C’è rischio di tenuta democratica del Paese. Si sta giocando col fuoco senza rendersi conto di quel che può succedere. Sta aumentando la distanza e la fiducia delle persone normali rispetto alle istituzioni, alla politica. Siamo in presenza di un governo nato, si è detto, per risolvere dei problemi: io non ho capito quali problemi ha risolto. C’è un italiano che sia uno, che quando è andato a votare ha votato per un governo così? Non ce n’è neanche uno: perché chi aveva votato destra aveva votato un’altra roba, chi per il centro sinistra, chi ha votato Grillo, a casa tutti, e tanti non erano andati a votare perché non si trovavano in questa direzione. E noi oggi ci troviamo di fronte al fatto che un Parlamento di quella natura, anziché discutere di come si devono affrontare i problemi, anche la legge elettorale si dovrebbe fare, sono 7 anni che ne stanno parlando ma non la fanno… Cos’ha votato oggi? Una norma che serve a metter mano alla Costituzione. Siamo di fronte a un Parlamento che non solo non l’ha votato nessuno, ma che di fronte alla Corte Costituzionale che dice che la legge elettorale è incostituzionale, guarda caso la prima cosa che fa, cambia la Costituzione invece di fare una legge costituzionale… Un Paese dove addirittura il genitore arriva a sperare che il figlio non studi troppo perché se no gli costa, siamo alla follia, ma quello è buon senso del genitore, la discussione è se noi dobbiamo salvare uno che è stato condannato in terzo grado dai tribunali? Ricordo in Germania un uomo pubblico che si è dimesso quando è stato detto che aveva copiato una parte della tesi: si è dimesso lui…

Dobbiamo tornare ai fondamentali per cambiare questa situazione: la nostra Costituzione non va cambiata, ma semplicemente applicata fino in fondo su ogni punto. Io trovo un livello di ipocrisia che non riesco a sopportare: che Berlusconi avesse dei processi, non si sapeva prima?
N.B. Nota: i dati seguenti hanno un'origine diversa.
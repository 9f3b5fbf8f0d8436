// The days of the years 1 to 9999, counted from 1 January of year 1.
ghost use Rattle.std.specs.Prelude.{◌≡◌, ◌≤◌};
ghost use Rattle.std.specs.Int.{IsInRange};
ghost use Rattle.smithy_types.specs.Calendar.{date_of};

use jiff_core::civil::Date;

/// How many days lie between 1 January of the year -9999 and that of year 1.
const BEFORE_YEAR_ONE: u32 = 3_652_425;

/// A date of the years 1 to 9999.
#[derive(Clone, Copy)]
pub(crate) struct CalendarDate {
    pub year: u16,
    pub month: u8,
    pub day: u8,
}

/// The date with this many days between 1 January of year 1 and it.
pub(crate) fn date_on(day: u32) -> CalendarDate
    requires { day ≤ 3652058 }
    ensures real { IsInRange 1 12 result.month }
    ensures year_bound { result.year ≤ 9999 }
    ensures day_bound { result.day ≤ 31 }
    ensures year { result.year ≡ (date_of day).year }
    ensures month { result.month ≡ (date_of day).month }
    ensures day { result.day ≡ (date_of day).day }
{
    let date = Date::from_days_since_min(BEFORE_YEAR_ONE + day);
    CalendarDate {
        year: date.year as u16,
        month: date.month,
        day: date.day,
    }
}
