// The texts of points in time.
ghost use Rattle.std.specs.Prelude.{◌≡◌, ◌<◌, ◌+◌, ◌*◌, string_bytes, IfOk, IsAscii};
ghost use Rattle.std.specs.Int.{IsInRange};
ghost use Rattle.smithy_types.specs.Texts.{padded_decimal};
ghost use Rattle.smithy_types.specs.Timestamps.{date_time_text, http_date_text, weekday_name, month_name};

use crate::calendar::date_on;
use std::alloc::{AllocError, Global};
use std::str;

const SECONDS_IN_DAY: u64 = 86_400;

/// The English name of a day of the week in three letters, where day 0 is a Monday.
pub(crate) fn weekday_name(day: u32) -> &'static [u8; 3]
    ensures { result.now ≡ weekday_name day }
{
    match day % 7 {
        0 => b"Mon",
        1 => b"Tue",
        2 => b"Wed",
        3 => b"Thu",
        4 => b"Fri",
        5 => b"Sat",
        _ => b"Sun",
    }
}

/// The English name of a month in three letters, where month 1 is January.
pub(crate) fn month_name(month: u8) -> &'static [u8; 3]
    requires { IsInRange 1 12 month }
    ensures { result.now ≡ month_name month }
{
    match month {
        1 => b"Jan",
        2 => b"Feb",
        3 => b"Mar",
        4 => b"Apr",
        5 => b"May",
        6 => b"Jun",
        7 => b"Jul",
        8 => b"Aug",
        9 => b"Sep",
        10 => b"Oct",
        11 => b"Nov",
        _ => b"Dec",
    }
}

// The two digits of a number.
fn in_two_digits(number: u8) -> [u8; 2]
    requires { number < 100 }
    ensures { result ≡ padded_decimal 2 number }
{
    [b'0' + number / 10, b'0' + number % 10]
}

// The four digits of a number.
fn in_four_digits(number: u16) -> [u8; 4]
    requires { number < 10000 }
    ensures { result ≡ padded_decimal 4 number }
{
    [
        b'0' + (number / 1000) as u8,
        b'0' + (number / 100 % 10) as u8,
        b'0' + (number / 10 % 10) as u8,
        b'0' + (number % 10) as u8,
    ]
}

// The bytes of `date_time_text`.
fn date_time_bytes(seconds: u64) -> [u8; 20]
    requires { seconds < 315537897600 }
    ensures { result ≡ date_time_text seconds }
{
    let day = (seconds / SECONDS_IN_DAY) as u32;
    let second = (seconds % SECONDS_IN_DAY) as u32;
    let date = date_on(day);
    let [y0, y1, y2, y3] = in_four_digits(date.year);
    let [m0, m1] = in_two_digits(date.month);
    let [d0, d1] = in_two_digits(date.day);
    let [h0, h1] = in_two_digits((second / 3600) as u8);
    let [n0, n1] = in_two_digits((second / 60 % 60) as u8);
    let [s0, s1] = in_two_digits((second % 60) as u8);
    [
        y0, y1, y2, y3, b'-', m0, m1, b'-', d0, d1, b'T', h0, h1, b':', n0, n1, b':', s0, s1, b'Z',
    ]
}

// The bytes of `http_date_text`.
fn http_date_bytes(seconds: u64) -> [u8; 29]
    requires { seconds < 315537897600 }
    ensures { result ≡ http_date_text seconds }
{
    let day = (seconds / SECONDS_IN_DAY) as u32;
    let second = (seconds % SECONDS_IN_DAY) as u32;
    let date = date_on(day);
    let [w0, w1, w2] = *weekday_name(day);
    let [d0, d1] = in_two_digits(date.day);
    let [m0, m1, m2] = *month_name(date.month);
    let [y0, y1, y2, y3] = in_four_digits(date.year);
    let [h0, h1] = in_two_digits((second / 3600) as u8);
    let [n0, n1] = in_two_digits((second / 60 % 60) as u8);
    let [s0, s1] = in_two_digits((second % 60) as u8);
    [
        w0, w1, w2, b',', b' ', d0, d1, b' ', m0, m1, m2, b' ', y0, y1, y2, y3, b' ', h0, h1, b':',
        n0, n1, b':', s0, s1, b' ', b'G', b'M', b'T',
    ]
}

// ASCII as a text.
fn ascii_text(alloc: Global, bytes: &[u8]) -> Result<String, AllocError>
    requires { IsAscii bytes.now }
    ensures { IfOk result (λ t. string_bytes t ≡ bytes.now) }
{
    match str::from_utf8(bytes) {
        Ok(text) => String::from_str(alloc, text),
        Err(_) => unreachable!(),
    }
}

/// The text of RFC 3339 for a point in time, given in seconds since 1 January of year 1.
pub(crate) fn date_time_text(alloc: Global, seconds: u64) -> Result<String, AllocError>
    requires { seconds < 315537897600 }
    ensures { IfOk result (λ t. string_bytes t ≡ date_time_text seconds) }
{
    ascii_text(alloc, &date_time_bytes(seconds))
}

/// The text of RFC 7231, section 7.1.1.1, for a point in time, given in seconds since 1 January of year 1.
pub(crate) fn http_date_text(alloc: Global, seconds: u64) -> Result<String, AllocError>
    requires { seconds < 315537897600 }
    ensures { IfOk result (λ t. string_bytes t ≡ http_date_text seconds) }
{
    ascii_text(alloc, &http_date_bytes(seconds))
}
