// The grammar of big numbers, and their coefficients.
ghost use Rattle.std.specs.Prelude.{◌≡◌, ◌+◌, ◌^◌, ◌<◌, ◌≤◌, ◌==◌, ◌&&◌, length, take, drop, position, IsTrue};
ghost use Rattle.std.specs.List.{list_all, position_or_len, before_first, after_first};
ghost use Rattle.std.specs.Option.{SomeIff};
ghost use Rattle.std.specs.Str.Parse.{digits_value_after};
ghost use Rattle.smithy_types.specs.BigNumbers.{is_digit, is_exponent_mark, unsigned, are_digits, is_signed_digits, is_exponent, is_mantissa, mantissa_of, exponent_of, is_big_decimal, coefficient, coefficient_in, has_narrow_coefficient};

use crate::grammar::{after, before};

/// The least coefficient without a sign that is too wide.
const LIMIT: u128 = 170_141_183_460_469_231_731_687_303_715_884_105_728;

/// Whether the bytes are an optional sign and digits.
pub(crate) fn is_signed_digits(text: &[u8]) -> bool
    ensures { result ≡ is_signed_digits text.now }
{
    are_digits(unsigned(text))
}

/// Whether the bytes are an optional sign, a mantissa and an exponent.
pub(crate) fn is_big_decimal(text: &[u8]) -> bool
    ensures { result ≡ is_big_decimal text.now }
{
    let (mantissa, exponent) = mantissa_and_exponent(text);
    is_mantissa(mantissa) && is_exponent(exponent)
}

/// Whether the coefficient with its sign is -2^127 to 2^127 - 1.
pub(crate) fn has_narrow_coefficient(text: &[u8]) -> bool
    requires { IsTrue (is_mantissa (mantissa_of text.now)) }
    ensures { result ≡ has_narrow_coefficient text.now }
{
    let (mantissa, _) = mantissa_and_exponent(text);
    let Some(value) = coefficient(mantissa) else {
        return false;
    };
    if text.starts_with(b"-") {
        value <= LIMIT
    } else {
        value < LIMIT
    }
}

fn unsigned(text: &[u8]) -> &[u8]
    ensures { result.now ≡ unsigned text.now }
{
    match text.split_first() {
        Some((b'+' | b'-', number)) => number,
        _ => text,
    }
}

fn are_digits(text: &[u8]) -> bool
    ensures { result ≡ are_digits text.now }
{
    !text.is_empty() && are_all_digits(text)
}

fn are_all_digits(text: &[u8]) -> bool
    ensures { result ≡ list_all is_digit text.now }
{
    for b in text {
        if !is_ascii_digit(*b) {
            return false;
        }
    }
    true
}

pub(crate) fn is_ascii_digit(b: u8) -> bool
    ensures { result ≡ is_digit b }
{
    matches!(b, b'0'..=b'9')
}

fn is_mantissa(text: &[u8]) -> bool
    ensures { result ≡ is_mantissa text.now }
{
    let (whole, part) = (before(text, b'.'), after(text, b'.'));
    are_all_digits(whole) && are_all_digits(part) && !(whole.is_empty() && part.is_empty())
}

fn is_exponent(text: &[u8]) -> bool
    ensures { result ≡ is_exponent text.now }
{
    match text.split_first() {
        None => true,
        Some((mark, number)) => (*mark == b'e' || *mark == b'E') && is_signed_digits(number),
    }
}

fn mantissa_and_exponent(text: &[u8]) -> (&[u8], &[u8])
    ensures mantissa { result.0.now ≡ mantissa_of text.now }
    ensures exponent { result.1.now ≡ exponent_of text.now }
{
    let number = unsigned(text);
    number.split_at(mark_or_len(number))
}

// The place of the first mark of an exponent, or the length where there is none.
fn mark_or_len(number: &[u8]) -> usize
    ensures value { result ≡ position_or_len is_exponent_mark number.now }
    ensures within { result ≤ length number.now }
{
    match first_mark(number) {
        Some(place) => place,
        None => number.len(),
    }
}

fn first_mark(number: &[u8]) -> Option<usize>
    ensures { result ≡ position is_exponent_mark number.now }
{
    number.iter().position(|b| *b == b'e' || *b == b'E')
}

// The number of a mantissa's digits, if it fits.
fn coefficient(mantissa: &[u8]) -> Option<u128>
    requires { IsTrue (is_mantissa mantissa.now) }
    ensures { SomeIff result (coefficient_in mantissa.now < 2 ^ 128) (coefficient_in mantissa.now) }
{
    let whole = read_on(0, before(mantissa, b'.'))?;
    read_on(whole, after(mantissa, b'.'))
}

// The number that the digits write behind those of a number, if it fits.
fn read_on(start: u128, digits: &[u8]) -> Option<u128>
    requires { IsTrue (list_all is_digit digits.now) }
    ensures { let n = digits_value_after 10 start digits.now in SomeIff result (n < 2 ^ 128) n }
{
    let mut value = start;
    for b in digits {
        value = value.checked_mul(10)?.checked_add(u128::from(*b - b'0'))?;
    }
    Some(value)
}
C’è un elemento di responsabilità. Se io devo stare al governo con un condannato, io non ci sto. C’è un problema che riguarda la legge elettorale, come dice Maurizio Crozza, han speso meno tempo a fare la seconda guerra mondiale che la riforma elettorale… Se la facessimo toglieremmo il Paese dal ricatto di Berlusconi. Non sono così convinto che se si vota adesso crolla il mondo. Bisogna andare a verificare, perché solo con la loro partecipazione delle persone si cambia la situazione… L’idea che c’è il fenomeno che risolve i problemi, non ci porta da nessuna parte.  

6 risposte a “Democrazia a rischio

  1. La nostra Democrazia è a rischio. La gente o non è informata oppure ha paura di far sentire la propria voce. Non siamo lontanamente arrivati al milione di firme per la petizione in difesa della Costituzione. Che tristezza! Gli italiani non si rendono conto della deriva antidemocratica in cui siamo finiti! Sopravvivono, senza alzare la testa.

  2. E’ vero, le istituzioni, anziche’ avvicinarsi, si allontanano, pensando ERRONEAMENTE di blindarsi dalla popolazione, scelta MOLTO pericolosa.